Language Resources

One of my research interests is to create new language resources that can be used for research in linguistics and NLP. Here you can find some of them.

If you use any of these resources in your research, please refer to its respective description paper available in pdf.


  • Colonia: Corpus of Historical Portuguese Colonia Website Colonia at Linguateca Colonia at CorpusEye Colonia at Kaggle pdf pdf
    A Portuguese historical corpus containing texts from the 16th to the early 20th century, lemmatized and annotated with POS tags. The corpus is available to download and through a graphical CQPWeb-based interface. From May 2014, thanks to Diana Santos (University of Oslo), Colonia is also available at Linguateca. From October 2014, thanks to Eckhard Bick (University of Southern Denmark), a version of Colonia tagged using the PALAVRAS parsing system is available through CorpusEye. From August 2017, thanks to Rachael Tatman, Colonia is available at Kaggle.

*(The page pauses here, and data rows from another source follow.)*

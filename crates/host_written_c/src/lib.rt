// What a host links of host_written: its calls, with the same clauses (library/exports).
#![tactic(auto)]

ghost use Rattle.std.specs.Prelude.{◌≡◌, true, length};
ghost use Rattle.written_lengths.specs.Form.{shortest_size, form_of, holds};
ghost use Rattle.written_klvs.specs.Klvs.{klv_bytes, rewritten};
ghost use Rattle.written_tables.specs.Items.{good_item, local_bytes};
ghost use Rattle.written_tables.specs.Primer.{good_primer, primer_bytes};
ghost use Rattle.written_packs.specs.Packs.{good_pack, pack_bytes};
ghost use Rattle.host_written.specs.Places.{HostWrote};

// How many bytes the shortest form of a length takes.
#[unsafe(no_mangle)]
pub extern "C" fn brine_shortest(n: u64) -> usize
    ensures { result ≡ shortest_size n }
{
    host_written::brine_shortest(n)
}

// A length of so many bytes, at a place of `room`.
#[unsafe(no_mangle)]
pub extern "C" fn brine_put_length(
    n: u64,
    size: usize,
    room: &mut [u8],
    at: usize,
    out: &mut [u64; 1],
) -> u32
    ensures { HostWrote (holds size n) (form_of size n) at room.old out.old result room.new out.new }
{
    host_written::brine_put_length(n, size, room, at, out)
}

// A KLV with a length of so many bytes, at a place of `room`.
#[unsafe(no_mangle)]
pub extern "C" fn brine_put_klv(
    label: &[u8; 16],
    size: usize,
    value: &[u8],
    room: &mut [u8],
    at: usize,
    out: &mut [u64; 1],
) -> u32
    ensures { HostWrote (holds size (length value.now)) (klv_bytes label.now size value.now) at room.old out.old result room.new out.new }
{
    host_written::brine_put_klv(label, size, value, room, at, out)
}

// A run of KLVs, each length in its shortest form, at the start of `room`.
#[unsafe(no_mangle)]
pub extern "C" fn brine_rewrite(s: &[u8], room: &mut [u8], out: &mut [u64; 1]) -> u32
    ensures { HostWrote true (rewritten s.now) 0 room.old out.old result room.new out.new }
{
    host_written::brine_rewrite(s, room, out)
}

// An item of a local set, tag and length of two bytes, at a place of `room`.
#[unsafe(no_mangle)]
pub extern "C" fn brine_put_item(
    tag: u64,
    value: &[u8],
    room: &mut [u8],
    at: usize,
    out: &mut [u64; 1],
) -> u32
    ensures { HostWrote (good_item tag (length value.now)) (local_bytes tag value.now) at room.old out.old result room.new out.new }
{
    host_written::brine_put_item(tag, value, room, at, out)
}

// A primer's value, a label of 16 bytes for each tag, at a place of `room`.
#[unsafe(no_mangle)]
pub extern "C" fn brine_put_primer(
    tags: &[u64],
    labels: &[u8],
    room: &mut [u8],
    at: usize,
    out: &mut [u64; 1],
) -> u32
    ensures { HostWrote (good_primer tags.now labels.now) (primer_bytes tags.now labels.now) at room.old out.old result room.new out.new }
{
    host_written::brine_put_primer(tags, labels, room, at, out)
}

// A pack of Canon's by its raw fields, at a place of `room`.
#[unsafe(no_mangle)]
pub extern "C" fn brine_put_pack(
    id: u64,
    fields: &[u64],
    room: &mut [u8],
    at: usize,
    out: &mut [u64; 1],
) -> u32
    ensures { HostWrote (good_pack id fields.now) (pack_bytes id fields.now) at room.old out.old result room.new out.new }
{
    host_written::brine_put_pack(id, fields, room, at, out)
}
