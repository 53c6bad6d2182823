// What a host links of the tables inside values: numbers and slices in, a status and lent places out
// (include/brinethimble.h).
#![tactic(auto)]

ghost use Rattle.std.specs.Prelude.{◌≡◌, length};
ghost use Rattle.primer.specs.Primer.{entry_of};
ghost use Rattle.primer_table.specs.Table.{table_of, held_for};
ghost use Rattle.header.specs.Header.{header_of};
ghost use Rattle.arri_block.specs.Block.{block_of};
ghost use Rattle.st436.specs.Lines.{line_step};
ghost use Rattle.st436.specs.Payload.{payload_said, payload_into};
ghost use Rattle.canon_sequence.specs.Sequence.{sequence_of};
ghost use Rattle.canon_sets.specs.Package.{values_from};
ghost use Rattle.canon_sets.specs.Told.{first_of};
ghost use Rattle.host_tables.specs.Places.{header_places, start_places, block_places, payload_places, line_places, package_places};
ghost use Rattle.host_tables.specs.Sequence.{identifier_places, position_found, position_figure, sequence_places, position_places};

use canon_sets::Package;
use klv::Klv;
use st436::Lines;

// The header part of a file whose first bytes are s.
#[unsafe(no_mangle)]
pub extern "C" fn brine_header(s: &[u8], out: &mut [u64; 3]) -> u32
    ensures value { result ≡ 0 }
    ensures out_after { out.new ≡ header_places (header_of s.now) }
{
    let h = header::find(s);
    match h {
        Some(p) => *out = [1, p.at as u64, p.len as u64],
        None => *out = [0, 0, 0],
    }
    0
}

// The label of a local tag in a primer pack's value.
#[unsafe(no_mangle)]
pub extern "C" fn brine_primer(s: &[u8], tag: u64, out: &mut [u64; 2]) -> u32
    ensures value { result ≡ 0 }
    ensures out_after { out.new ≡ start_places (entry_of s.now tag) }
{
    *out = match primer::find(s, tag) {
        Some(at) => [1, at as u64],
        None => [0, 0],
    };
    0
}

// A table over a primer pack's value.
#[unsafe(no_mangle)]
pub extern "C" fn brine_primer_table(s: &[u8], table: &mut [u64; 65536]) -> u32
    ensures value { result ≡ 0 }
    ensures table_after { table.new ≡ table_of s.now table.old }
{
    primer_table::fill(s, table);
    0
}

// The label of a local tag in a primer pack's value, by a table over it.
#[unsafe(no_mangle)]
pub extern "C" fn brine_primer_in(
    s: &[u8],
    table: &[u64; 65536],
    tag: u64,
    out: &mut [u64; 2],
) -> u32
    ensures value { result ≡ 0 }
    ensures out_after { out.new ≡ start_places (held_for s.now table.now tag) }
{
    *out = match primer_table::find(s, table, tag) {
        Some(at) => [1, at as u64],
        None => [0, 0],
    };
    0
}

// ARRI's 256 bytes in an element.
#[unsafe(no_mangle)]
pub extern "C" fn brine_arri_block(element: &[u8], out: &mut [u64; 2]) -> u32
    ensures value { result ≡ 0 }
    ensures out_after { out.new ≡ block_places (block_of element.now) }
{
    match arri_block::find(element) {
        Some(at) => *out = [1, at as u64],
        None => *out = [0, 0],
    }
    0
}

// The payload of an ST 436 element, where the room is enough.
#[unsafe(no_mangle)]
pub extern "C" fn brine_payload(element: &[u8], payload: &mut [u8], out: &mut [u64; 1]) -> u32
    ensures value { result ≡ (payload_said element.now (length payload.old)).0 }
    ensures out_after { out.new ≡ payload_places (payload_said element.now (length payload.old)) }
    ensures payload_after { payload.new ≡ payload_into element.now payload.old }
{
    let p = st436::payload_into(element, payload);
    match p {
        Ok(n) => {
            *out = [n as u64];
            0
        }
        Err(longer) => {
            *out = [longer.needed as u64];
            3
        }
    }
}

// A line of an ST 436 element.
#[unsafe(no_mangle)]
pub extern "C" fn brine_line(element: &[u8], at: usize, left: usize, out: &mut [u64; 5]) -> u32
    ensures value { result ≡ 0 }
    ensures out_after { out.new ≡ line_places left (line_step element.now left at) out.old }
{
    let t = Lines { at, left }.step(element);
    match t {
        Some((line, next)) => *out = [
            1,
            line.at as u64,
            line.len as u64,
            next.at as u64,
            next.left as u64,
        ],
        None => *out = [0, 0, 0, at as u64, left as u64],
    }
    0
}

// The next Private Camera Metadata of a package set.
#[unsafe(no_mangle)]
pub extern "C" fn brine_package(s: &[u8], from: usize, end: usize, out: &mut [u64; 6]) -> u32
    ensures value { result ≡ 0 }
    ensures out_after { out.new ≡ package_places end (first_of from (values_from s.now from end)) out.old }
{
    let t = Package { from, end }.step(s);
    match t {
        Some((k, next)) => *out = [
            1,
            k.at as u64,
            k.value as u64,
            k.len as u64,
            next.from as u64,
            next.end as u64,
        ],
        None => *out = [0, 0, 0, 0, from as u64, end as u64],
    }
    0
}

// Whether an identifier is there, and the place and length of its bytes.
#[tactic(auto, unfolding(crate::specs::Sequence::identifier_places))]
fn identifier_places(i: Option<Klv>) -> [u64; 3]
    ensures { result ≡ identifier_places i }
{
    match i {
        Some(k) => [1, k.value as u64, k.len as u64],
        None => [0, 0, 0],
    }
}

// Whether a position is there.
#[tactic(auto, unfolding(crate::specs::Sequence::position_found))]
fn position_found(p: Option<i64>) -> u64
    ensures { result ≡ position_found p }
{
    u64::from(p.is_some())
}

// A position, 0 for none.
#[tactic(auto, unfolding(crate::specs::Sequence::position_figure))]
fn position_figure(p: Option<i64>) -> i64
    ensures { result ≡ position_figure p }
{
    p.unwrap_or(0)
}

// A sequence info.
#[unsafe(no_mangle)]
pub extern "C" fn brine_sequence(s: &[u8], out: &mut [u64; 8], positions: &mut [i64; 2]) -> u32
    ensures value { result ≡ 0 }
    ensures out_after { out.new ≡ sequence_places (sequence_of s.now) }
    ensures positions_after { positions.new ≡ position_places (sequence_of s.now) }
{
    let q = canon_sequence::read(s);
    let instance = identifier_places(q.instance_uid);
    let package = identifier_places(q.package_uid);
    let timecode_found = position_found(q.start_timecode);
    let position_found = position_found(q.start_position);
    *out = [
        instance[0],
        instance[1],
        instance[2],
        package[0],
        package[1],
        package[2],
        timecode_found,
        position_found,
    ];
    let timecode = position_figure(q.start_timecode);
    let position = position_figure(q.start_position);
    *positions = [timecode, position];
    0
}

  • DSL Corpus Collection (DSLCC) DSLCC pdf
    A collection of journalistic corpora written in closely related languages and language varieties. The dataset has been used in the DSL Shared Tasks in 2014, 2015, 2016, and 2017.

  • NLI-PT: A Portuguese Native Language Identification Dataset NLI-PT pdf
    A collection of 1,868 student essays written by learners of European Portuguese, native speakers of the following L1s: Chinese, English, Spanish, German, Russian, French, Japanese, Italian, Dutch, Tetum, Arabic, Polish, Korean, Romanian, and Swedish.

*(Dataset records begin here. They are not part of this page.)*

// Emergency tokens: the list of them, scope and brief.
#![tactic(auto)]

ghost use Rattle.std.specs.Prelude.{◌≡◌, ◌≤◌, length, min};
ghost use Rattle.emergency.specs.Tokens.{token_places, empty_tokens, tokens_of};

use sets::record_set::RecordSet;

pub mod disclosure;
pub mod list;
pub mod scope;

// How many tokens can be live.
pub const PLACES: usize = 4;

#[derive(Clone, Copy, Default)]
pub struct Token {
    pub number: u16,
    pub person: u16,
    pub states: u8,
    pub until: u32,
}

// The tokens in order of issue; what stands past the count has no meaning. An array and a count, as the active list is.
#[derive(Clone, Copy)]
pub struct TokenList {
    pub tokens: [Token; PLACES],
    pub count: usize,
}

impl TokenList {
    #[tactic(auto, unfolding(crate::specs::Tokens::empty_tokens))]
    pub fn empty() -> TokenList
        ensures { result ≡ empty_tokens }
    {
        let none = Token::default();
        let tokens = [none; PLACES];
        TokenList {
            tokens: tokens,
            count: 0,
        }
    }

    // The tokens that count, in order of issue.
    pub fn as_slice(&self) -> &[Token]
        ensures value { result.now ≡ tokens_of self.now }
        ensures few { length result.now ≤ token_places }
    {
        &self.tokens[..self.len()]
    }

    // How many tokens there are.
    pub fn len(&self) -> usize
        ensures value { result ≡ length (tokens_of self.now) }
        ensures counted { result ≡ min self.now.count token_places }
    {
        self.count.min(PLACES)
    }
}

// Records, and how many they are: those that a scope discloses, or those that a draft would change.
#[derive(Clone, Copy)]
pub struct Brief {
    pub records: RecordSet,
    pub count: u32,
}

impl From<RecordSet> for Brief {
    ghost use Rattle.sets.specs.RecordSets.{set_bits};

    ghost from_gives = { λ records brief. brief ≡ record { records = records; count = set_bits records } };

    fn from(records: RecordSet) -> Brief {
        Brief {
            records,
            count: records.len(),
        }
    }
}
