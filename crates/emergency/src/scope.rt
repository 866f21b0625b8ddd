// The scope of an emergency token.
ghost use Rattle.std.specs.Prelude.{◌≡◌};
ghost use Rattle.emergency.specs.Emergency.{scope};

use sets::bits;

// The labels that each emergency state opens: document 01's table, by the state's number.
const LABEL_MASKS: [u16; 8] = [
    0x000F, 0x000B, 0x0017, 0x0023, 0x00C3, 0x01C3, 0x0603, 0x000B,
];

// The union over the states of the set.
pub fn scope(states: u8) -> u16
    ensures { result ≡ scope states }
{
    let mut labels = 0;
    for (s, mask) in LABEL_MASKS.iter().enumerate() {
        if (states >> s) % 2 == 1 {
            labels = bits::join(labels, *mask);
        }
    }
    labels
}
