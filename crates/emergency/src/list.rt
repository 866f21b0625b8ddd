// What is put into a list of tokens, kept of it and found in it.
ghost use Rattle.std.specs.Prelude.{◌≡◌, ◌&&◌, ◌<◌, nat_eq};
ghost use Rattle.sets.specs.Quantifiers.{some_in, keep};
ghost use Rattle.emergency.specs.Tokens.{token_places, tokens_of, Pushed, LiveOf, states_of};

use crate::{Token, TokenList};
use sets::compact;

impl TokenList {
    // Puts t last.
    pub fn push(&mut self, t: Token)
        requires { self.old.count < token_places }
        ensures { Pushed self.old t self.new }
    {
        self.tokens[self.count] = t;
        self.count += 1;
    }

    // Keeps the tokens that have not ended at the minute, in their order.
    pub fn retain_live(&mut self, minute: u32)
        ensures { LiveOf minute self.old self.new }
    {
        let n = self.len();
        self.count = compact::retain(&mut self.tokens[..n], |token: Token| minute < token.until);
    }

    // Whether a token has the number.
    pub fn has_number(&self, number: u16) -> bool
        ensures { result ≡ some_in (λ k. nat_eq k.number number) (tokens_of self.now) }
    {
        self.as_slice().iter().any(|token| token.number == number)
    }

    // The states of the first token of that number for that person.
    pub fn states_of(&self, number: u16, person: u16) -> Option<u8>
        ensures { result ≡ states_of (keep (λ k. nat_eq k.number number && nat_eq k.person person) (tokens_of self.now)) }
    {
        self.as_slice()
            .iter()
            .find(|token| token.number == number && token.person == person)
            .map(|token| token.states)
    }
}
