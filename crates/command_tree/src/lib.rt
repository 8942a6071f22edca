//! The subcommands of `pgshard` and their arguments, as they are described to clap, which parses command lines by them.
#![tactic(auto)]

mod tree;

pub use tree::command;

  • Offensive Language Identification Dataset (OLID) OLID pdf
    OLID contains a collection of annotated tweets using a hierarchical annotation model that encompasses following three levels: A: Offensive Language Detection; B: Categorization of Offensive Language; C: Offensive Language Target Identification. OLID was used in the OffensEval: Identifying and Categorizing Offensive Language in Social Media (SemEval 2019 - Task 6) shared task.

Other Resources

  • Frequency lists from comparable Spanish corpora Word Unigrams POS and Morphology pdf
    These two frequency lists were produced to compare linguistic features of four Spanish varieties (Argentina, Mexico, Peru, and Spain) as described in my 2013 paper.

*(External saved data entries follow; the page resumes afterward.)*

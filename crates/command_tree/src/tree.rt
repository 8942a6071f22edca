//! The subcommands and their arguments, as they are described to clap, and the texts of the help.

ghost use Rattle.std.specs.Prelude.{◌≡◌, false, IfOk};
ghost use Rattle.clap.specs.Words.{app_of, rule_of};
ghost use Rattle.clap.specs.declared.builder.command.Command.TheViews.{out-Command};
ghost use Rattle.command_tree.specs.Tree as spec;

use clap::{Arg, ArgAction, Command};
use std::alloc::{AllocError, Global};

const INPUT_HELP: &str =
    "The program reads standard input. Its parts come in this order, separated by lines that are exactly %%:
  make, show       a catalog
  check            a catalog, certificates
  eval             a catalog, rows
  simulate, serve  a catalog, certificates, a script
  publish          a catalog, certificates, commands
A catalog is SQL: CREATE SCHEMA, TABLE, UNIQUE INDEX, PUBLICATION and SUBSCRIPTION, and ALTER TABLE .. REPLICA IDENTITY.

Exit status:
  0  success
  1  a refusal: a row cannot be read or does not fit its table, the sharding is refused,
     or no certificate was found for some table
  2  usage error
  3  the input cannot be read, and a line says why
  4  cannot write the output
  5  out of memory
pgshard serve --help and pgshard publish --help say more.";

const SERVE_HELP: &str =
    "The program reads standard input, whose parts are separated by lines that are exactly %%:
a catalog, the certificates of its tables, one on each line, and a script in which each step is COMMIT.
If the sharding is sound, it listens on 127.0.0.1, prints listening PORT, and accepts the given number of connections.
Each is served as soon as it is accepted, while one session commits the lists of the script, in order. A list that is
refused is skipped. A client speaks the streaming replication protocol without its startup, from START_REPLICATION
on. The slots are the subscriptions of the catalog. A client that loses its connection can reconnect if there are more
connections than subscriptions. When all connections have ended, the program compares what it answered to the session
and sent to the connections with the log, and prints closed COMMITS CONNECTIONS. Standard error has a line for each
subscription that was not sent the whole log.

Exit status:
  0  all connections have ended, and the line closed is printed
  1  the sharding is refused; or the log differs from what was answered and sent, and the line close says how
  2  usage error
  3  the input cannot be read, and a line says why
  4  cannot write the output or use the port, or the listening socket failed
  5  out of memory";

const PUBLISH_HELP: &str =
    "The program reads standard input: a catalog, a line %%, the certificates of its tables, one on each line, a
line %%, and then commands, one on each line. If the sharding is sound, it listens on 127.0.0.1, prints listening PORT,
and answers each line when it has arrived:
  COMMIT [COMMAND, ..];  makes one transaction, and prints commit N, or refused and why
  VIEW;                  prints the number of commits, the publisher's rows, and for each subscription the positions up
                         to which it was sent and has confirmed the log, and whether it is connected
  QUIT;                  ends the input
A line that cannot be read prints script PLACE KIND, and changes nothing. With --commands, the lines come from clients
of that port, one client after another, and the answer to a line goes to its client; the program also prints commands
PORT, and runs until a client sends QUIT;.
Clients are served as by serve, and may connect any number of times. When the input has ended, the clients get what is
left, and have ten seconds to confirm it. Then the program compares what it answered and sent with the log, and prints
closed COMMITS CONNECTIONS. Standard error has a line for each connection that has ended; with --log json, an object
when a connection is accepted, and one when it has ended.

Exit status:
  0  the input and all connections have ended, and the line closed is printed
  1  the sharding is refused; or the log differs from what was answered and sent, and the line close says how
  2  usage error
  3  the catalog or the certificates cannot be read, and a line says why
  4  cannot write the output or use a port
  5  out of memory";

fn eval_command<'a>(alloc: Global) -> Result<Command<'a>, AllocError>
    ensures shape { IfOk result (λ command. app_of command ≡ spec.eval_command) }
    ensures local { IfOk result (λ command. (out-Command command).has_globals ≡ false) }
{
    let table = Arg::new(alloc, "TABLE")
        .help("a table of the schema public, or SCHEMA.TABLE")
        .required(true)
        .action(ArgAction::Set);
    let insert = Arg::new(alloc, "insert")
        .long("insert")
        .help("print the Insert message of each row that some publication carries, in hexadecimal")
        .action(ArgAction::SetTrue);
    Command::new(alloc, "eval")
        .about("reads a catalog and rows, and prints which publications carry each row")
        .arg(table)?
        .arg(insert)
}

fn check_command<'a>(alloc: Global) -> Result<Command<'a>, AllocError>
    ensures shape { IfOk result (λ command. app_of command ≡ spec.check_command) }
    ensures local { IfOk result (λ command. (out-Command command).has_globals ≡ false) }
{
    let show = Arg::new(alloc, "show")
        .long("show")
        .help("print the catalog as it was read, before the verdict")
        .action(ArgAction::SetTrue);
    Command::new(alloc, "check")
        .about(
            "reads a catalog and certificates, and prints whether each row reaches exactly one subscriber",
        )
        .arg(show)
}

fn limit_argument<'a>(alloc: Global) -> Arg<'a>
    ensures rule { rule_of result ≡ spec.limit_rule }
    ensures local { result.global ≡ false }
{
    Arg::new(alloc, "limit")
        .long("limit")
        .value_name("N")
        .help("the most commits that the log takes: 1 to 1000000000 [default: 1000000]")
        .action(ArgAction::Set)
}

fn simulate_command<'a>(alloc: Global) -> Result<Command<'a>, AllocError>
    ensures shape { IfOk result (λ command. app_of command ≡ spec.simulate_command) }
    ensures local { IfOk result (λ command. (out-Command command).has_globals ≡ false) }
{
    let limit = limit_argument(alloc);
    Command::new(alloc, "simulate")
        .about("reads a catalog, certificates and a script, and prints the result of each step")
        .arg(limit)
}

fn port_argument<'a>(alloc: Global, help: &'a str) -> Arg<'a>
    ensures rule { rule_of result ≡ spec.port_rule }
    ensures local { result.global ≡ false }
{
    Arg::new(alloc, "port")
        .long("port")
        .value_name("P")
        .help(help)
        .required(true)
        .action(ArgAction::Set)
}

fn connections_argument<'a>(alloc: Global) -> Arg<'a>
    ensures rule { rule_of result ≡ spec.connections_rule }
    ensures local { result.global ≡ false }
{
    Arg::new(alloc, "connections")
        .long("connections")
        .value_name("N")
        .help(
            "how many connections are accepted in total: 1 to 1000 [default: one for each subscription]",
        )
        .action(ArgAction::Set)
}

fn serve_command<'a>(alloc: Global) -> Result<Command<'a>, AllocError>
    ensures shape { IfOk result (λ command. app_of command ≡ spec.serve_command) }
    ensures local { IfOk result (λ command. (out-Command command).has_globals ≡ false) }
{
    let port = port_argument(alloc, "the port of 127.0.0.1 to listen on: 1 to 65535");
    let limit = limit_argument(alloc);
    let connections = connections_argument(alloc);
    Command::new(alloc, "serve")
        .about("reads a catalog, certificates and a script, and serves subscribers over sockets")
        .after_help(SERVE_HELP)
        .arg(port)?
        .arg(limit)?
        .arg(connections)
}

fn port_file_argument<'a>(alloc: Global) -> Arg<'a>
    ensures rule { rule_of result ≡ spec.port_file_rule }
    ensures local { result.global ≡ false }
{
    Arg::new(alloc, "port-file")
        .long("port-file")
        .value_name("FILE")
        .help("writes the port to FILE, and that of --commands to its second line")
        .action(ArgAction::Set)
}

fn commands_argument<'a>(alloc: Global) -> Arg<'a>
    ensures rule { rule_of result ≡ spec.commands_rule }
    ensures local { result.global ≡ false }
{
    Arg::new(alloc, "commands")
        .long("commands")
        .value_name("PORT")
        .help(
            "reads commands from clients of this port of 127.0.0.1 instead: 1 to 65535, or 0 for any free one",
        )
        .action(ArgAction::Set)
}

fn start_timeout_argument<'a>(alloc: Global) -> Arg<'a>
    ensures rule { rule_of result ≡ spec.start_timeout_rule }
    ensures local { result.global ≡ false }
{
    Arg::new(alloc, "start-timeout")
        .long("start-timeout")
        .value_name("SECONDS")
        .help("ends a connection that starts no stream within this time: 1 to 86400 [default: 10]")
        .action(ArgAction::Set)
}

fn write_timeout_argument<'a>(alloc: Global) -> Arg<'a>
    ensures rule { rule_of result ≡ spec.write_timeout_rule }
    ensures local { result.global ≡ false }
{
    Arg::new(alloc, "write-timeout")
        .long("write-timeout")
        .value_name("SECONDS")
        .help(
            "ends a connection whose client takes no byte for this time: 1 to 86400 [default: 60]",
        )
        .action(ArgAction::Set)
}

fn keepalive_argument<'a>(alloc: Global) -> Arg<'a>
    ensures rule { rule_of result ≡ spec.keepalive_rule }
    ensures local { result.global ≡ false }
{
    Arg::new(alloc, "keepalive")
        .long("keepalive")
        .value_name("SECONDS")
        .help("the time between keepalives to each client: 1 to 86400 [default: 10]")
        .action(ArgAction::Set)
}

fn timeout_argument<'a>(alloc: Global) -> Arg<'a>
    ensures rule { rule_of result ≡ spec.timeout_rule }
    ensures local { result.global ≡ false }
{
    Arg::new(alloc, "timeout")
        .long("timeout")
        .value_name("SECONDS")
        .help("ends a stream whose client sends nothing for this time: 1 to 86400 [default: 60]")
        .action(ArgAction::Set)
}

fn log_argument<'a>(alloc: Global) -> Arg<'a>
    ensures rule { rule_of result ≡ spec.log_rule }
    ensures local { result.global ≡ false }
{
    Arg::new(alloc, "log")
        .long("log")
        .value_name("FORMAT")
        .help("how standard error reports connections: text or json [default: text]")
        .action(ArgAction::Set)
}

fn publish_command<'a>(alloc: Global) -> Result<Command<'a>, AllocError>
    ensures shape { IfOk result (λ command. app_of command ≡ spec.publish_command) }
    ensures local { IfOk result (λ command. (out-Command command).has_globals ≡ false) }
{
    let port = port_argument(
        alloc,
        "the port of 127.0.0.1 to listen on: 1 to 65535, or 0 for any free one",
    );
    let with_port = Command::new(alloc, "publish")
        .about(
            "serves subscribers over sockets, while it reads commands and commits them one after another",
        )
        .after_help(PUBLISH_HELP)
        .arg(port)?;
    let port_file = port_file_argument(alloc);
    let with_port_file = with_port.arg(port_file)?;
    let commands = commands_argument(alloc);
    let with_commands = with_port_file.arg(commands)?;
    let limit = limit_argument(alloc);
    let with_limit = with_commands.arg(limit)?;
    let start_timeout = start_timeout_argument(alloc);
    let with_start_timeout = with_limit.arg(start_timeout)?;
    let write_timeout = write_timeout_argument(alloc);
    let with_write_timeout = with_start_timeout.arg(write_timeout)?;
    let keepalive = keepalive_argument(alloc);
    let with_keepalive = with_write_timeout.arg(keepalive)?;
    let timeout = timeout_argument(alloc);
    let with_timeout = with_keepalive.arg(timeout)?;
    let log = log_argument(alloc);
    with_timeout.arg(log)
}

/// The program and its subcommands.
pub fn command<'a>(alloc: Global) -> Result<Command<'a>, AllocError>
    ensures { IfOk result (λ command. app_of command ≡ spec.pgshard) }
{
    let eval = eval_command(alloc)?;
    let simulate = simulate_command(alloc)?;
    let serve = serve_command(alloc)?;
    let publish = publish_command(alloc)?;
    let check = check_command(alloc)?;
    let show = Command::new(alloc, "show").about(
        "reads a catalog, and prints it as SQL, as it was read",
    );
    let make = Command::new(alloc, "make").about(
        "reads a catalog, and prints for each table a certificate, or a row that shows the fault",
    );
    Command::new(alloc, "pgshard")
        .about(
            "pgshard 0.4.0 checks whether publications send each row of a table to exactly one subscriber",
        )
        .version("0.4.0")
        .propagate_version(true)
        .after_help(INPUT_HELP)
        .subcommand_required(true)
        .subcommand(eval)?
        .subcommand(show)?
        .subcommand(check)?
        .subcommand(make)?
        .subcommand(simulate)?
        .subcommand(serve)?
        .subcommand(publish)
}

  • LIDIOMS: A Multilingual Linked Idioms Data Set in Five Different Languages LIDIOMS pdf
    This is a multilingual linked idioms data set in five different languages (English, Portuese, Italian, German, Russian). Currently being expanded to other languages.

  • P-AWL: Portuguese Academic Word List P-AWL pdf
    The P-AWL was developed for Portuguese using the English Academic Word List (AWL) developed by Coxhead (2000). It contains 1,812 entries.